AIM OF THE TASK:
Count every line below that holds "left". Number only.

[Start of Attachment]

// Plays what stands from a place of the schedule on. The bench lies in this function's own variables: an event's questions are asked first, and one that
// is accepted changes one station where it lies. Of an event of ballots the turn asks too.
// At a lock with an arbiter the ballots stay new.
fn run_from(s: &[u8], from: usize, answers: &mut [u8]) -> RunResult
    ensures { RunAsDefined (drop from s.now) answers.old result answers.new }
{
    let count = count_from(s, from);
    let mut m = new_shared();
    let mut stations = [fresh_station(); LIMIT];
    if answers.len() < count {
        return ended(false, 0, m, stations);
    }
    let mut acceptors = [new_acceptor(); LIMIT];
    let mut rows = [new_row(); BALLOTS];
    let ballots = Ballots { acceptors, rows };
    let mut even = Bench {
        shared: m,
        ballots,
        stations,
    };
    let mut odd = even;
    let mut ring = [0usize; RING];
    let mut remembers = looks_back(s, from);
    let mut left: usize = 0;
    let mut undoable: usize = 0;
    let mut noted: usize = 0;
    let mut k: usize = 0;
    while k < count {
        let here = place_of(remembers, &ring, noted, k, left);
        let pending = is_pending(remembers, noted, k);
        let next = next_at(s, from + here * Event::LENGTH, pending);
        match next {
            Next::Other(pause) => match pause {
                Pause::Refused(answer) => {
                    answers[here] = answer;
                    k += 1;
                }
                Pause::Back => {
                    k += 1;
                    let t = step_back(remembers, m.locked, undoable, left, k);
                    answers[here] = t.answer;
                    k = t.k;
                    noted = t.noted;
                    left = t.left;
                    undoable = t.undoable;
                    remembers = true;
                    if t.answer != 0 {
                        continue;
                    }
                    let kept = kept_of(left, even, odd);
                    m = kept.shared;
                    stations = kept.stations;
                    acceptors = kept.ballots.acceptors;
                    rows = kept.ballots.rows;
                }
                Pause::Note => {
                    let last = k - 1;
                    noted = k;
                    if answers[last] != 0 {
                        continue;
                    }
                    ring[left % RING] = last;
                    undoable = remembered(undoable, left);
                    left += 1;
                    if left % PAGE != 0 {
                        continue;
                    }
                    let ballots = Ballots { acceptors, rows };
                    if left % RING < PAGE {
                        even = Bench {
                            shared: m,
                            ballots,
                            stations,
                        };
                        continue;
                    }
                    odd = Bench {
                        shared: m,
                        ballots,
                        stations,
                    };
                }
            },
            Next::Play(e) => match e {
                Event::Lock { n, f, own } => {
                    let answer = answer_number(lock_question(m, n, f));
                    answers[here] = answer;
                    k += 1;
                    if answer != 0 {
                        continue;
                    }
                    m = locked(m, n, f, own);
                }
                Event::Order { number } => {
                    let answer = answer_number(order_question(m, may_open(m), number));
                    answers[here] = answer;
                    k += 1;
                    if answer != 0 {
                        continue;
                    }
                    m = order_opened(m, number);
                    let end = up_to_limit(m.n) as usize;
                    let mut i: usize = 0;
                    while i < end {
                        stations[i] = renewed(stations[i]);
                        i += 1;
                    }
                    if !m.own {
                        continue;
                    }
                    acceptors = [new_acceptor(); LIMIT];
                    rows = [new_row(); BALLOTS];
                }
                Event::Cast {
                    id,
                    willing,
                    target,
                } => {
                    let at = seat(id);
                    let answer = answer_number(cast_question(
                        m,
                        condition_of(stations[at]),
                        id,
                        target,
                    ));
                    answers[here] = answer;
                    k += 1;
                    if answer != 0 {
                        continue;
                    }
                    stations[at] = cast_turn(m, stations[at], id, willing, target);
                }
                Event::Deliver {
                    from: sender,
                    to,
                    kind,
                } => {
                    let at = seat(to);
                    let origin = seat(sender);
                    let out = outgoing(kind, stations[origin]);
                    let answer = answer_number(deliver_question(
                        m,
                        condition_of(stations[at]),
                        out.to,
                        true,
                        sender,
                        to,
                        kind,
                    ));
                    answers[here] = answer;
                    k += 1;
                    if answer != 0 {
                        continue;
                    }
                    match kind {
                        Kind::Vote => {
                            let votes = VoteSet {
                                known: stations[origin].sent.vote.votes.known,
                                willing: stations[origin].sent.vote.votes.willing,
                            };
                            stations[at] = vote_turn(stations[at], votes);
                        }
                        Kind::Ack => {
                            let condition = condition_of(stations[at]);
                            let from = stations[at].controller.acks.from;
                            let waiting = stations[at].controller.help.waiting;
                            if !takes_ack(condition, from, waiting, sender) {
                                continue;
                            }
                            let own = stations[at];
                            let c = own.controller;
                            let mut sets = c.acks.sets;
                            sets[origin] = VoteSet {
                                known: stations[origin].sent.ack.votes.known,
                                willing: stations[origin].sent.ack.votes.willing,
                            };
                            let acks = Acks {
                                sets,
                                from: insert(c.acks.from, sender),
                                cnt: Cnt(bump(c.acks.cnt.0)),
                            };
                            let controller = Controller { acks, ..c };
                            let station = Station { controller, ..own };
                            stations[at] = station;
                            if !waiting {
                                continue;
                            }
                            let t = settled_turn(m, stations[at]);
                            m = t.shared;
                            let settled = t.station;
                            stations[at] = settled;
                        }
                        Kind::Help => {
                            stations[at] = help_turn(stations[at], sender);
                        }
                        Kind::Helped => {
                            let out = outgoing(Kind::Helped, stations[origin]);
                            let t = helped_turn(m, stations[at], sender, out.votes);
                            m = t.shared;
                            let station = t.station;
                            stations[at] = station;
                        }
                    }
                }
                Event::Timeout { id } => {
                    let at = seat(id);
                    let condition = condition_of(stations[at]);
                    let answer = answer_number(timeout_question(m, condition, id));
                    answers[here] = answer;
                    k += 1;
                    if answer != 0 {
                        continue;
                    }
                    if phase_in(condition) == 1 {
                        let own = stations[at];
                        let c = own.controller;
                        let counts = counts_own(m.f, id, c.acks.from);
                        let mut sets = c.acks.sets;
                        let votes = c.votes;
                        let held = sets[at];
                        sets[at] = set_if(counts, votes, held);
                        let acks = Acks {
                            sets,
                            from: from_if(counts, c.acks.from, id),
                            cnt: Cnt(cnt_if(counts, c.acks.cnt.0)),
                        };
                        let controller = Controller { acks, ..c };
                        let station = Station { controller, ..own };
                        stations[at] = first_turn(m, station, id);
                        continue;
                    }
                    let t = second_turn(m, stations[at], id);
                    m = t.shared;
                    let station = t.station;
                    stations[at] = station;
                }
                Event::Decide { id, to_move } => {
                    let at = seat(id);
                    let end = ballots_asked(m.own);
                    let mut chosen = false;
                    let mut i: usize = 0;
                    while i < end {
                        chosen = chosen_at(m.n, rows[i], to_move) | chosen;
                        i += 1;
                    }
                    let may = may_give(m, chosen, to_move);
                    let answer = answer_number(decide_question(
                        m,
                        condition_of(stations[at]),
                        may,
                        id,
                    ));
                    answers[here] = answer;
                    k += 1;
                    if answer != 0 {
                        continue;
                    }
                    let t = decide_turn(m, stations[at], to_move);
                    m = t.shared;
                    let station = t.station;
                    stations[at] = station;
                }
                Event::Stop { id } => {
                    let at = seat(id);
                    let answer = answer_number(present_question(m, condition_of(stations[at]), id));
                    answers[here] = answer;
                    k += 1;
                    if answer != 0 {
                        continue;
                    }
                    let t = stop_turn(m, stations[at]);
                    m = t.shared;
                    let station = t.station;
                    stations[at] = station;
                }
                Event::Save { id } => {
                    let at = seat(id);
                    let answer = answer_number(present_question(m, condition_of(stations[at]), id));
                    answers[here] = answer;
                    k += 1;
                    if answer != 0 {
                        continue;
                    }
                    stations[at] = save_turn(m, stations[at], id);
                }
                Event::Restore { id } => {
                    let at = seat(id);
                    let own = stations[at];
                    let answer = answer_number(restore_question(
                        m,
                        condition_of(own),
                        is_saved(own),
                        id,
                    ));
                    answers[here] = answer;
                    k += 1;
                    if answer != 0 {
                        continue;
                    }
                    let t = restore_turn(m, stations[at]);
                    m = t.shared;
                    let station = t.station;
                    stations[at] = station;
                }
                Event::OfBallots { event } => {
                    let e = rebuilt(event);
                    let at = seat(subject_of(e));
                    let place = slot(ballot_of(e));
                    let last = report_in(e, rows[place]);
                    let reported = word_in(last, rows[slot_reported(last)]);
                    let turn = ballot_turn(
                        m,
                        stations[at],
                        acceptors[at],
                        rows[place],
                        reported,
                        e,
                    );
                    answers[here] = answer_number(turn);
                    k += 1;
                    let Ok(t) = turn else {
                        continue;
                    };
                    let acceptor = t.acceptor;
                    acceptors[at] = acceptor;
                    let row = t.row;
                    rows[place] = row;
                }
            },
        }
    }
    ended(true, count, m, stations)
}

[End of Attachment]

ANSWER TO THIS PROBLEM:
10